Breitbach-Faller N, Schrader K, Rating D, Wunsch R
Abteilung Pädiatrische Neurologie, Universitäts-Kinderklinik Heidelberg, Heidelberg, Germany.
Neuropediatrics. 2003 Apr;34(2):96-9. doi: 10.1055/s-2003-39601.
Aspartoacylase deficiency is a neurodegenerative disease which typically starts in the first months of life with muscular hypotonia and developmental standstill. One of the first diagnostic procedures in this situation is an ultrasound of the brain. There is little information available about sonographic changes in Canavan disease. We present for the first time an ultrasound follow-up in a proven case of aspartoacylase deficiency from 3 weeks to 22 months. High echogenicity of the white matter was present in the neonatal period.

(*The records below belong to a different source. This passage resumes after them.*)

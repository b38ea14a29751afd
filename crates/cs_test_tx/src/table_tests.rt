//! Worked cases of a table.
use crate::calls::{decided, prepared};
use cs_base::{Config, Key, Memory};
use cs_table::{Table, TableError};
use cs_test_samples::{coin, spend};
use cs_tx::{Encoded, Session, State, Vote, genesis_key};
use cs_tx_types::Effect;
use std::alloc::Global;
use std::process::Abort;
use std::test::Fail;

fn config(rt: &impl Abort) -> Config {
    Config::new(1, 0, 2).expect(rt, "a configuration")
}

/// The key of genesis object 0, a coin of 10, and a table of that alone.
fn one_coin(rt: &impl Abort, alloc: Global) -> Result<(Key, Table), Fail> {
    let object = coin(alloc, 10)?;
    assert!(rt; object.fits());
    let key = genesis_key(alloc, 0, &object)?;
    let objects = [(key, object)];
    let table = Table::genesis(alloc, config(rt), 0, &objects)?;
    Ok((key, table))
}

/// Splits the coin, which is said to be worth so much, in two.
fn split(alloc: Global, name: [u8; 32], worth: i64, number: u64) -> Result<Session, Memory> {
    spend(alloc, name, worth, &[4, 6], number)
}

fn name_of(rt: &impl Abort, key: Key) -> [u8; 32] {
    match key {
        Key::Object(name) => name,
        Key::Dummy(_, _) => panic!(rt; "a dummy"),
    }
}

#[test]
fn a_full_book_takes_no_vote(rt: HostRuntime) -> Result<(), Fail> {
    let alloc = rt.alloc();
    let (key, mut table) = one_coin(&rt, alloc)?;
    for number in 0..1025 {
        let wrong = split(alloc, name_of(&rt, key), 11, number)?;
        assert!(rt; prepared(&rt, alloc, &mut table, &wrong)? == Vote::Abort);
    }
    let session = split(alloc, name_of(&rt, key), 10, 0)?;
    assert!(rt; prepared(&rt, alloc, &mut table, &session)? == Vote::Abort);
    let row = table.record(&key).expect(&rt, "a record");
    assert!(rt; row.book.len() == 1024 && matches!(&row.state, State::Active(_)));
    Ok(())
}

/// The book of the coin has so many places, and holds no more.
fn has_places(rt: &impl Abort, table: &Table, key: Key, count: usize) -> Result<(), Fail> {
    let row = table.record(&key).expect(rt, "a record");
    assert!(rt; row.book.len() == count && matches!(&row.state, State::Active(_)));
    Ok(())
}

#[test]
fn the_last_place_of_a_book_goes_to_an_abort(rt: HostRuntime) -> Result<(), Fail> {
    let alloc = rt.alloc();
    let (key, mut table) = one_coin(&rt, alloc)?;
    for number in 0..1023 {
        let wrong = split(alloc, name_of(&rt, key), 11, number)?;
        assert!(rt; prepared(&rt, alloc, &mut table, &wrong)? == Vote::Abort);
    }
    let right = split(alloc, name_of(&rt, key), 10, 0)?;
    assert!(rt; prepared(&rt, alloc, &mut table, &right)? == Vote::Commit);
    assert!(rt; decided(&rt, alloc, &mut table, &right, Vote::Abort)? == Effect::Aborted);
    has_places(&rt, &table, key, 1024)?;
    let new = split(alloc, name_of(&rt, key), 10, 1)?;
    assert!(rt; prepared(&rt, alloc, &mut table, &new)? == Vote::Abort);
    has_places(&rt, &table, key, 1024)
}

#[test]
fn a_key_stands_twice(rt: HostRuntime) -> Result<(), Fail> {
    let alloc = rt.alloc();
    let objects = [
        (Key::Object([1; 32]), coin(alloc, 1)?),
        (Key::Object([2; 32]), coin(alloc, 2)?),
        (Key::Object([1; 32]), coin(alloc, 3)?),
    ];
    assert!(rt; objects[0].1.fits() && objects[1].1.fits() && objects[2].1.fits());
    match Table::genesis(alloc, config(&rt), 0, &objects) {
        Ok(_) => panic!(rt; "no key was found"),
        Err(error) => assert!(rt; error == TableError::Duplicate(Key::Object([1; 32]))),
    }
    Ok(())
}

Additional sonographic phenomena resulting in a characteristic pattern were shown in further investigations. The distinctive sonomorphology is compared to a few other cases in the literature. The correlation to the neuropathological course of the white matter changes is discussed. Recognition of the sonographic features in addition to the clinical presentation may contribute to an effective biochemical work-up.
天冬氨酸酰基转移酶缺乏症是一种神经退行性疾病,通常在生命的最初几个月开始,伴有肌张力减退和发育停滞。这种情况下的首批诊断程序之一是脑部超声检查。关于卡纳万病的超声变化,目前可用信息很少。我们首次展示了一个经证实的天冬氨酸酰基转移酶缺乏症病例从3周龄到22个月龄的超声随访情况。新生儿期出现白质高回声。在进一步检查中发现了导致特征性模式的其他超声现象。将这种独特的超声形态与文献中的其他一些病例进行了比较。讨论了与白质变化的神经病理学过程的相关性。除临床表现外,识别超声特征可能有助于进行有效的生化检查。